= WHAT TO DO =
The required output is the exact run of lines below that opens at the line with "for done in" and closes at the line with "requested, &behind, kept)".

= RECORDS SUPPLIED =

-- Opening Marker --

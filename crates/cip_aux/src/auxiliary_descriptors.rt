// The descriptors inside a whole digraph, from the last node to the first.
ghost use Rattle.std.specs.Prelude.{◌≡◌, ◌<◌, ◌≤◌, ◌+◌, length, cond, replicate, None, IfOk, OnOk};
ghost use Rattle.cip_digraph.specs.digraph.NodeList.{told_at, parents_of};
ghost use Rattle.cip_digraph.specs.digraph.Telling.{node_at};
ghost use Rattle.cip_digraph.specs.units.Units.{sites_of};
ghost use Rattle.cip_aux.specs.ParityCache.{AreKept, sites_in};
ghost use Rattle.cip_aux.specs.DescriptorsInside.{UnitsJoin, descriptor_at_node, flag_at, HaveDescriptors, AreWanted};
ghost use Rattle.cip_aux.specs.Neighbours.{atom_told};
ghost use Rattle.cip_aux.specs.Views.{Shows, sight_of};

use crate::context::InnerContext;
use crate::ligand_ranker::LigandRanker;
use crate::node_descriptor::node_descriptor;
use crate::parities::parity_cache::ParityCache;
use crate::units::unit_index::UnitIndex;
use crate::whole_digraph::WholeDigraph;
use cip_digraph::{Descriptors, NodeKind, Nodes};
use cip_mol::Descriptor;
use std::alloc::{AllocError, Global};

// The vertex of a real node.
fn atom_at<N: Nodes>(nodes: &N, node: u32) -> Option<u32>
    requires { node < length (N.nodes nodes.now) }
    ensures { result ≡ atom_told (told_at (N.nodes nodes.now) node) }
{
    match nodes.kind(node) {
        NodeKind::Real => nodes.vertex(node),
        NodeKind::Closure | NodeKind::Multiple | NodeKind::Delocalised => None,
    }
}

/// The units of a record, and at which nodes their descriptors are requested.
#[derive(Clone, Copy)]
pub struct AuxiliaryRequest<'a> {
    pub units: &'a UnitIndex<'a>,
    pub flags: &'a [bool],
}

impl<'a> AuxiliaryRequest<'a> {
    // Whether a descriptor is requested at the node.
    fn is_at(&self, node: u32) -> bool
        ensures { result ≡ flag_at self.now.flags.now node }
    {
        match self.flags.get(node as usize) {
            Some(flag) => *flag,
            None => false,
        }
    }
}

// A node, and the descriptors of those after it.
#[derive(Clone, Copy)]
struct Behind<'a> {
    node: u32,
    descriptors: &'a Descriptors,
}

// The descriptor at a node, if it is requested, by those of all nodes after it.
fn flagged_descriptor<N: Nodes, V: LigandRanker>(
    alloc: Global,
    whole: &WholeDigraph<'_, N>,
    viewer: &mut V,
    requested: &AuxiliaryRequest<'_>,
    behind: &Behind<'_>,
    kept: &mut ParityCache,
) -> Result<Option<Descriptor>, AllocError>
    requires shows { Shows (sight_of whole.now) }
    requires within { behind.now.node < length (sight_of whole.now).nodes }
    requires joined { UnitsJoin (sight_of whole.now) requested.now.units.now }
    requires requested { AreWanted (parents_of whole.now.node_data) requested.now.flags.now }
    requires behind { HaveDescriptors (sight_of whole.now) requested.now.units.now requested.now.flags.now (behind.now.node + 1)
        behind.now.descriptors.now.descriptors }
    requires stands { V.stands viewer.old (sight_of whole.now) }
    requires kept { AreKept (sight_of whole.now) (sites_in requested.now.units.now) kept.old.items }
    ensures room { V.room viewer.new ≡ V.room viewer.old }
    ensures stands { V.stands viewer.new (sight_of whole.now) }
    ensures kept { AreKept (sight_of whole.now) (sites_in requested.now.units.now) kept.new.items }
    ensures kept_room { kept.new.room ≡ kept.old.room }
    ensures descriptor { IfOk result (λ descriptor. descriptor ≡ cond (flag_at requested.now.flags.now behind.now.node)
        (descriptor_at_node (sight_of whole.now) requested.now.units.now (node_at (sight_of whole.now).nodes behind.now.node))
        None) }
{
    let node = behind.node;
    if requested.is_at(node) {
        let Some(vertex) = atom_at(whole.nodes(), node) else {
            return Ok(None);
        };
        if node == 0 {
            Ok(None)
        } else {
            let inner = InnerContext::new(whole, node, behind.descriptors);
            node_descriptor(alloc, &inner, viewer, vertex, requested.units, kept)
        }
    } else {
        Ok(None)
    }
}

// No descriptor at each of n nodes.
fn clear(descriptors: &mut Descriptors, count: u32)
    requires { count ≤ descriptors.old.bound }
    ensures { descriptors.new ≡ record descriptors.old { descriptors = replicate count None } }
{
    descriptors.clear();
    for _ in 0..count {
        descriptors.push(None);
    }
}

/// The descriptor at each node of a whole digraph that is requested; none at the root, at duplicates and where ligands
/// tie. Units whose turns are kept aren't looked at, and what constitution says of others is kept.
pub fn auxiliaries<N: Nodes, V: LigandRanker>(
    alloc: Global,
    whole: &WholeDigraph<'_, N>,
    viewer: &mut V,
    requested: &AuxiliaryRequest<'_>,
    kept: &mut ParityCache,
    descriptors: &mut Descriptors,
) -> Result<(), AllocError>
    requires sites { sites_in requested.now.units.now ≡ sites_of whole.now.graph whole.now.positions }
    requires requested { AreWanted (parents_of whole.now.node_data) requested.now.flags.now }
    requires stands { V.stands viewer.old (sight_of whole.now) }
    requires bound { length whole.now.node_data ≤ descriptors.old.bound }
    requires kept { AreKept (sight_of whole.now) (sites_in requested.now.units.now) kept.old.items }
    ensures room { V.room viewer.new ≡ V.room viewer.old }
    ensures stands { V.stands viewer.new (sight_of whole.now) }
    ensures bound { descriptors.new.bound ≡ descriptors.old.bound }
    ensures kept { AreKept (sight_of whole.now) (sites_in requested.now.units.now) kept.new.items }
    ensures kept_room { kept.new.room ≡ kept.old.room }
    ensures descriptors { OnOk result (HaveDescriptors (sight_of whole.now) requested.now.units.now requested.now.flags.now 0
        descriptors.new.descriptors) }
{
    let count = whole.nodes().table().len();
    clear(descriptors, count);
    for done in 0..count {
        let node = count - 1 - done;
        let behind = Behind {
            node,
            descriptors: &*descriptors,
        };
        let Ok(descriptor) = flagged_descriptor(alloc, whole, viewer, requested, &behind, kept)
        else {
            return Err(AllocError);
        };
        descriptors.set(node, descriptor);
    }
    Ok(())
}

-- Closing Marker --

= TASK ANSWER =
    for done in 0..count {
        let node = count - 1 - done;
        let behind = Behind {
            node,
            descriptors: &*descriptors,
        };
        let Ok(descriptor) = flagged_descriptor(alloc, whole, viewer, requested, &behind, kept)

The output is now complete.